In this course, explore the recent research on the correlation between metabolic syndrome, diabetes mellitus (DM) and primary open angle glaucoma.
The correlation between metabolic syndrome, diabetes mellitus (DM) and primary open angle glaucoma has largely gone unscrutinized until the past decade of research. Numerous systematic reviews and meta-analyses have now linked metabolic dysfunction as a significant risk factor for developing primary open angle glaucoma (POAG).2-14 This has significant implications for managing our POAG patients who may also have metabolic syndrome or type 2 diabetes.

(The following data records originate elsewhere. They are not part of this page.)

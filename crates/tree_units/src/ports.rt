ghost use Rattle.std.specs.Prelude.{◌≡◌, ◌++◌, Some, IfOk, OnOk, false, map, string_bytes};
ghost use Rattle.std.specs.List.{flat_map};
ghost use Rattle.fault_list.specs.Answers.{Answers};
ghost use Rattle.fault_list.specs.Faults.{faults_in};
ghost use Rattle.name_index.specs.Names.{number_of};
ghost use Rattle.tree_units.specs.Ports.{counted, factor_text, has_off_grid, is_off_grid, joined_text, kind_of, number_kind, port_faults, port_measure, port_of, port_unit_of, poset_faults, some_off_grid, type_faults, unit_at, unit_text};
ghost use Rattle.tree_units.specs.Together.{together};
ghost use Rattle.unit_core.specs.Measure.{measure};
ghost use Rattle.unit_core.specs.Results.{map_ok};

use crate::unit::{is_whole, unit_of};
use design_lexer::{FactorTree, NameAt, PortTree, TypeTree};
use fault_list::{Fault, FaultKind, Stop};
use name_index::NameIndex;
use order_core::{List, NoMemory, Text};
use std::alloc::{AllocError, Global};
use unit_core::{Dim, Unit};
use value_type::{Kind, Port, PortUnit};

/// A type, and how its values are written.
#[derive(Drop)]
struct Typed {
    kind: Kind,
    unit: PortUnit,
}

/// Those of each part of a product, in order.
#[derive(Drop)]
struct Parts {
    kinds: Vec<Kind>,
    units: Vec<PortUnit>,
}

/// The port that the tree writes, with its type and unit.
///
/// Its faults in this order: `PortGrid` at the first token of the type, where some unit in it breaks no rule of units
/// and its size isn't whole; from left to right the first fault of each unit, at the unit's first token, and `Unknown`
/// at each poset that isn't there. An unknown name in a unit stands at the name.
pub fn port_of(alloc: Global, tree: &PortTree, posets: &NameIndex) -> Result<Port, Stop<Fault>>
    ensures { Answers (port_faults (number_of posets.now) tree.now) (λ port. Some port ≡ port_of (number_of posets.now) tree.now) result }
{
    if has_off_grid(&tree.kind) {
        return Err(Stop::At(Fault {
            kind: FaultKind::PortGrid,
            at: tree.at,
        }));
    }
    let name = tree.name.name.copy(alloc)?;
    let typed = type_of(alloc, &tree.kind, posets)?;
    Ok(Port {
        name,
        kind: typed.kind,
        unit: typed.unit,
    })
}

/// The unit as it is written, without spaces.
pub fn unit_text(alloc: Global, factors: &[FactorTree]) -> Result<Text, NoMemory>
    ensures { IfOk result (λ text. text ≡ unit_text factors.now) }
{
    let mut text = String::new(alloc);
    if let Some((first, others)) = factors.split_first() {
        push_factor(&mut text, first)?;
        push_others(&mut text, others)?;
    }
    Ok(Text::of(text))
}

/// The factors that follow the first one.
fn push_others(text: &mut String, factors: &[FactorTree]) -> Result<(), AllocError>
    ensures { OnOk result (string_bytes text.new ≡ string_bytes text.old ++ flat_map joined_text factors.now) }
{
    for factor in factors {
        push_joined(text, factor)?;
    }
    Ok(())
}

/// A factor that follows another one.
fn push_joined(text: &mut String, factor: &FactorTree) -> Result<(), AllocError>
    ensures { OnOk result (string_bytes text.new ≡ string_bytes text.old ++ joined_text factor.now) }
{
    if factor.divided {
        text.push_str("/")?;
    } else {
        text.push_str(".")?;
    }
    push_factor(text, factor)
}

fn push_factor(text: &mut String, factor: &FactorTree) -> Result<(), AllocError>
    ensures { OnOk result (string_bytes text.new ≡ string_bytes text.old ++ factor_text factor.now) }
{
    text.push_str(factor.name.name.as_str())?;
    if factor.power.is_none() {
        return Ok(());
    }
    text.push_str("^")?;
    if factor.negative {
        text.push_str("-")?;
    }
    text.push_str(factor.written.as_str())
}

/// The place of the unit's first token.
fn unit_at(factors: &[FactorTree]) -> u64
    ensures { result ≡ unit_at factors.now }
{
    match factors.first() {
        Some(factor) => factor.name.at,
        None => 0,
    }
}

/// The unit, or its first fault, which stands at the unit's first token.
fn port_unit(factors: &[FactorTree]) -> Result<Unit, Fault>
    ensures { map_ok measure result ≡ port_measure factors.now }
{
    unit_of(factors, unit_at(factors))
}

/// Whether the unit breaks no rule of units, and its size isn't whole.
fn is_off_grid(factors: &[FactorTree]) -> bool
    ensures { result ≡ is_off_grid factors.now }
{
    match port_unit(factors) {
        Ok(unit) => !is_whole(unit),
        Err(_) => false,
    }
}

/// Whether some unit in the type, at any depth, is off the grid.
#[cycle(grid)]
fn has_off_grid(tree: &TypeTree) -> bool
    ensures { result ≡ has_off_grid tree.now }
{
    match tree {
        TypeTree::Unit(factors) => is_off_grid(factors.items()),
        TypeTree::Product(parts) => some_off_grid(parts.items()),
        _ => false,
    }
}

/// Whether that is so of one of the types.
#[cycle(grid)]
fn some_off_grid(trees: &[TypeTree]) -> bool
    ensures { result ≡ some_off_grid trees.now }
{
    for tree in trees {
        if has_off_grid(tree) {
            return true;
        }
    }
    false
}

/// The number of the poset of this name.
fn poset_number(name: &NameAt, posets: &NameIndex) -> Result<u32, Stop<Fault>>
    ensures { Answers (poset_faults (number_of posets.now) name.now) (λ number. Some number ≡ number_of posets.now name.now.name) result }
{
    match posets.get(name.name.as_str()) {
        Some(number) => Ok(number),
        None => Err(Stop::At(Fault {
            kind: FaultKind::Unknown,
            at: name.at,
        })),
    }
}

/// The type of numbers of the unit.
fn number_type(alloc: Global, factors: &[FactorTree]) -> Result<Typed, Stop<Fault>>
    requires on_grid { is_off_grid factors.now ≡ false }
    ensures { Answers (faults_in (port_measure factors.now)) (λ made. (Some made.kind ≡ number_kind (port_measure factors.now)) × (Some made.unit ≡ counted (unit_text factors.now) (port_measure factors.now))) result }
{
    let unit = match port_unit(factors) {
        Ok(unit) => unit,
        Err(fault) => return Err(Stop::At(fault)),
    };
    let text = unit_text(alloc, factors)?;
    Ok(Typed {
        kind: Kind::Num(unit.dim),
        unit: PortUnit::Unit {
            text,
            size: unit.size.num,
        },
    })
}

/// The type that the tree writes, and its unit.
#[cycle(types)]
fn type_of(alloc: Global, tree: &TypeTree, posets: &NameIndex) -> Result<Typed, Stop<Fault>>
    requires on_grid { has_off_grid tree.now ≡ false }
    ensures { Answers (type_faults (number_of posets.now) tree.now) (λ made. (Some made.kind ≡ kind_of (number_of posets.now) tree.now) × (Some made.unit ≡ port_unit_of tree.now)) result }
{
    match tree {
        TypeTree::Nat => Ok(Typed {
            kind: Kind::Num(Dim::NONE),
            unit: PortUnit::Nat,
        }),
        TypeTree::Unit(factors) => number_type(alloc, factors.items()),
        TypeTree::Poset(name) => Ok(Typed {
            kind: Kind::Fin(poset_number(name, posets)?),
            unit: PortUnit::Poset,
        }),
        TypeTree::Up(name) => Ok(Typed {
            kind: Kind::Up(poset_number(name, posets)?),
            unit: PortUnit::Poset,
        }),
        TypeTree::Product(parts) => {
            let parts = types_of(alloc, parts.items(), posets)?;
            Ok(Typed {
                kind: Kind::Prod(List::of(parts.kinds)),
                unit: PortUnit::Parts(List::of(parts.units)),
            })
        }
    }
}

/// The types that the trees write, and their units.
#[cycle(types)]
fn types_of(alloc: Global, trees: &[TypeTree], posets: &NameIndex) -> Result<Parts, Stop<Fault>>
    requires on_grid { some_off_grid trees.now ≡ false }
    ensures { Answers (flat_map (type_faults (number_of posets.now)) trees.now) (λ made. (Some made.kinds.items ≡ together (map (kind_of (number_of posets.now)) trees.now)) × (Some made.units.items ≡ together (map port_unit_of trees.now))) result }
{
    let mut kinds = Vec::new(alloc);
    let mut units = Vec::new(alloc);
    for tree in trees {
        let typed = type_of(alloc, tree, posets)?;
        kinds.push(typed.kind)?;
        units.push(typed.unit)?;
    }
    Ok(Parts { kinds, units })
}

Numerous well-known studies have also shown a significant correlation between DM and increased incidence of POAG.4,5,7 These include the Beaver Dam Eye Study, Blue Mountains Eye Study, Los Angeles Latino Eye Study and the Framingham Eye Study,
While some practitioners may refute the link between metabolic syndrome, diabetes and open angle glaucoma, the American Academy of Ophthalmology agrees that type 2 diabetes is a risk factor for POAG.1 Some commonly used POAG risk calculators are also starting to include diabetes in their calculations of glaucoma risk assessment. Eye care practitioners must account for this link when it comes to risk assessment and management of their POAG patients. It is also important to keep this in mind when working up glaucoma suspects. Could we potentially reduce the disease burden of glaucomatous vision loss by also addressing metabolic dysfunction in these patients?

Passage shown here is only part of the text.